- _Try it_
Only the records, repeated exactly, should make up the response.

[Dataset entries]

_ _ _ _

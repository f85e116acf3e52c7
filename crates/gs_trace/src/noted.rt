ghost use Rattle.std.specs.Prelude.{◌≡◌, ◌∷◌, [], None, OnOk, IfOk};
ghost use Rattle.gs_trace.specs.Came.{reply_in};
ghost use Rattle.gs_trace.specs.Noted.{filled, page_after};

use crate::came::Came;
use gs_core::Reply;
use gs_journal::Entry;
use gs_kernel::Executed;
use std::alloc::{AllocError, Global};

/// What is noted of the lines of a script as its events happen.
#[derive(Drop)]
pub struct Lines {
    /// The line that added each entry.
    pub entries: Vec<usize>,
    /// The line that stamped each transaction.
    pub stamped: Vec<usize>,
    /// The line that gave the agent that attaches its last page, if one did.
    pub page: Option<usize>,
}

/// Adds a line for each of so many things that has none yet.
#[inline(always)]
fn fill(lines: &mut Vec<usize>, count: usize, line: usize) -> Result<(), AllocError>
    ensures { OnOk result (lines.new.items ≡ filled count line lines.old.items) }
{
    if lines.len() >= count {
        return Ok(());
    }
    if count - lines.len() == 1 {
        lines.push(line)?;
    } else {
        lines.resize(count, line)?;
    }
    Ok(())
}

/// Returns the line of the last page, by the reply to an event of this line.
fn page_after(line: usize, reply: &Reply, page: Option<usize>) -> Option<usize>
    ensures { result ≡ page_after line reply.now page }
{
    match reply {
        Reply::Page { next: None, .. } => Some(line),
        Reply::Done(Entry::Begin { .. }) => None,
        _ => page,
    }
}

/// Returns the line of the last page, by what came of an event of this line.
#[inline(always)]
fn page_after_came(line: usize, came: Came<'_>, page: Option<usize>) -> Option<usize>
    ensures { result ≡ page_after line (reply_in came.entry) page }
{
    match came {
        Came::Executed(Ok(Executed::Done), last) => match last.entry() {
            Entry::Begin { .. } => None,
            _ => page,
        },
        Came::Replied(reply) => page_after(line, reply, page),
        _ => page,
    }
}

impl Lines {
    /// Notes what is so at the beginning: the header's line added one entry. It fails only if out of memory, as do the calls below.
    pub fn new(alloc: Global, header: usize) -> Result<Lines, AllocError>
        ensures entries { IfOk result (λ n. n.entries.items ≡ header ∷ []) }
        ensures stamped { IfOk result (λ n. n.stamped.items ≡ []) }
        ensures page { IfOk result (λ n. n.page ≡ None) }
    {
        let mut entries = Vec::new(alloc);
        entries.push(header)?;
        Ok(Lines {
            entries,
            stamped: Vec::new(alloc),
            page: None,
        })
    }

    /// Notes the line of the entries that an event added, by how many there are behind it.
    #[inline(always)]
    pub fn note_entries(&mut self, line: usize, count: usize) -> Result<(), AllocError>
        ensures entries { OnOk result (self.new.entries.items ≡ filled count line self.old.entries.items) }
        ensures stamped { self.new.stamped ≡ self.old.stamped }
        ensures page { self.new.page ≡ self.old.page }
    {
        fill(&mut self.entries, count, line)
    }

    /// Notes an event of a line: by its reply, and by how many entries and transactions there are behind it.
    #[inline(always)]
    pub fn note(
        &mut self,
        line: usize,
        reply: &Reply,
        entries: usize,
        transactions: usize,
    ) -> Result<(), AllocError>
        ensures entries { OnOk result (self.new.entries.items ≡ filled entries line self.old.entries.items) }
        ensures stamped { OnOk result (self.new.stamped.items ≡ filled transactions line self.old.stamped.items) }
        ensures page { OnOk result (self.new.page ≡ page_after line reply.now self.old.page) }
    {
        fill(&mut self.entries, entries, line)?;
        fill(&mut self.stamped, transactions, line)?;
        self.page = page_after(line, reply, self.page);
        Ok(())
    }

    /// Notes an event of a line by what came of it, as [`Lines::note`] notes the reply to it.
    #[inline(always)]
    pub fn note_came(
        &mut self,
        line: usize,
        came: Came<'_>,
        entries: usize,
        transactions: usize,
    ) -> Result<(), AllocError>
        ensures entries { OnOk result (self.new.entries.items ≡ filled entries line self.old.entries.items) }
        ensures stamped { OnOk result (self.new.stamped.items ≡ filled transactions line self.old.stamped.items) }
        ensures page { OnOk result (self.new.page ≡ page_after line (reply_in came.entry) self.old.page) }
    {
        fill(&mut self.entries, entries, line)?;
        fill(&mut self.stamped, transactions, line)?;
        self.page = page_after_came(line, came, self.page);
        Ok(())
    }
}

_ _ _ _

- _Answer area_
repository f85e116acf3e52c7
filename crates/gs_trace/src/noted.rt
ghost use Rattle.std.specs.Prelude.{◌≡◌, ◌∷◌, [], None, OnOk, IfOk};
ghost use Rattle.gs_trace.specs.Came.{reply_in};
ghost use Rattle.gs_trace.specs.Noted.{filled, page_after};

use crate::came::Came;
use gs_core::Reply;
use gs_journal::Entry;
use gs_kernel::Executed;
use std::alloc::{AllocError, Global};

/// What is noted of the lines of a script as its events happen.
#[derive(Drop)]
pub struct Lines {
    /// The line that added each entry.
    pub entries: Vec<usize>,
    /// The line that stamped each transaction.
    pub stamped: Vec<usize>,
    /// The line that gave the agent that attaches its last page, if one did.
    pub page: Option<usize>,
}

/// Adds a line for each of so many things that has none yet.
#[inline(always)]
fn fill(lines: &mut Vec<usize>, count: usize, line: usize) -> Result<(), AllocError>
    ensures { OnOk result (lines.new.items ≡ filled count line lines.old.items) }
{
    if lines.len() >= count {
        return Ok(());
    }
    if count - lines.len() == 1 {
        lines.push(line)?;
    } else {
        lines.resize(count, line)?;
    }
    Ok(())
}

/// Returns the line of the last page, by the reply to an event of this line.
fn page_after(line: usize, reply: &Reply, page: Option<usize>) -> Option<usize>
    ensures { result ≡ page_after line reply.now page }
{
    match reply {
        Reply::Page { next: None, .. } => Some(line),
        Reply::Done(Entry::Begin { .. }) => None,
        _ => page,
    }
}

/// Returns the line of the last page, by what came of an event of this line.
#[inline(always)]
fn page_after_came(line: usize, came: Came<'_>, page: Option<usize>) -> Option<usize>
    ensures { result ≡ page_after line (reply_in came.entry) page }
{
    match came {
        Came::Executed(Ok(Executed::Done), last) => match last.entry() {
            Entry::Begin { .. } => None,
            _ => page,
        },
        Came::Replied(reply) => page_after(line, reply, page),
        _ => page,
    }
}

impl Lines {
    /// Notes what is so at the beginning: the header's line added one entry. It fails only if out of memory, as do the calls below.
    pub fn new(alloc: Global, header: usize) -> Result<Lines, AllocError>
        ensures entries { IfOk result (λ n. n.entries.items ≡ header ∷ []) }
        ensures stamped { IfOk result (λ n. n.stamped.items ≡ []) }
        ensures page { IfOk result (λ n. n.page ≡ None) }
    {
        let mut entries = Vec::new(alloc);
        entries.push(header)?;
        Ok(Lines {
            entries,
            stamped: Vec::new(alloc),
            page: None,
        })
    }

    /// Notes the line of the entries that an event added, by how many there are behind it.
    #[inline(always)]
    pub fn note_entries(&mut self, line: usize, count: usize) -> Result<(), AllocError>
        ensures entries { OnOk result (self.new.entries.items ≡ filled count line self.old.entries.items) }
        ensures stamped { self.new.stamped ≡ self.old.stamped }
        ensures page { self.new.page ≡ self.old.page }
    {
        fill(&mut self.entries, count, line)
    }

    /// Notes an event of a line: by its reply, and by how many entries and transactions there are behind it.
    #[inline(always)]
    pub fn note(
        &mut self,
        line: usize,
        reply: &Reply,
        entries: usize,
        transactions: usize,
    ) -> Result<(), AllocError>
        ensures entries { OnOk result (self.new.entries.items ≡ filled entries line self.old.entries.items) }
        ensures stamped { OnOk result (self.new.stamped.items ≡ filled transactions line self.old.stamped.items) }
        ensures page { OnOk result (self.new.page ≡ page_after line reply.now self.old.page) }
    {
        fill(&mut self.entries, entries, line)?;
        fill(&mut self.stamped, transactions, line)?;
        self.page = page_after(line, reply, self.page);
        Ok(())
    }

    /// Notes an event of a line by what came of it, as [`Lines::note`] notes the reply to it.
    #[inline(always)]
    pub fn note_came(
        &mut self,
        line: usize,
        came: Came<'_>,
        entries: usize,
        transactions: usize,
    ) -> Result<(), AllocError>
        ensures entries { OnOk result (self.new.entries.items ≡ filled entries line self.old.entries.items) }
        ensures stamped { OnOk result (self.new.stamped.items ≡ filled transactions line self.old.stamped.items) }
        ensures page { OnOk result (self.new.page ≡ page_after line (reply_in came.entry) self.old.page) }
    {
        fill(&mut self.entries, entries, line)?;
        fill(&mut self.stamped, transactions, line)?;
        self.page = page_after_came(line, came, self.page);
        Ok(())
    }
}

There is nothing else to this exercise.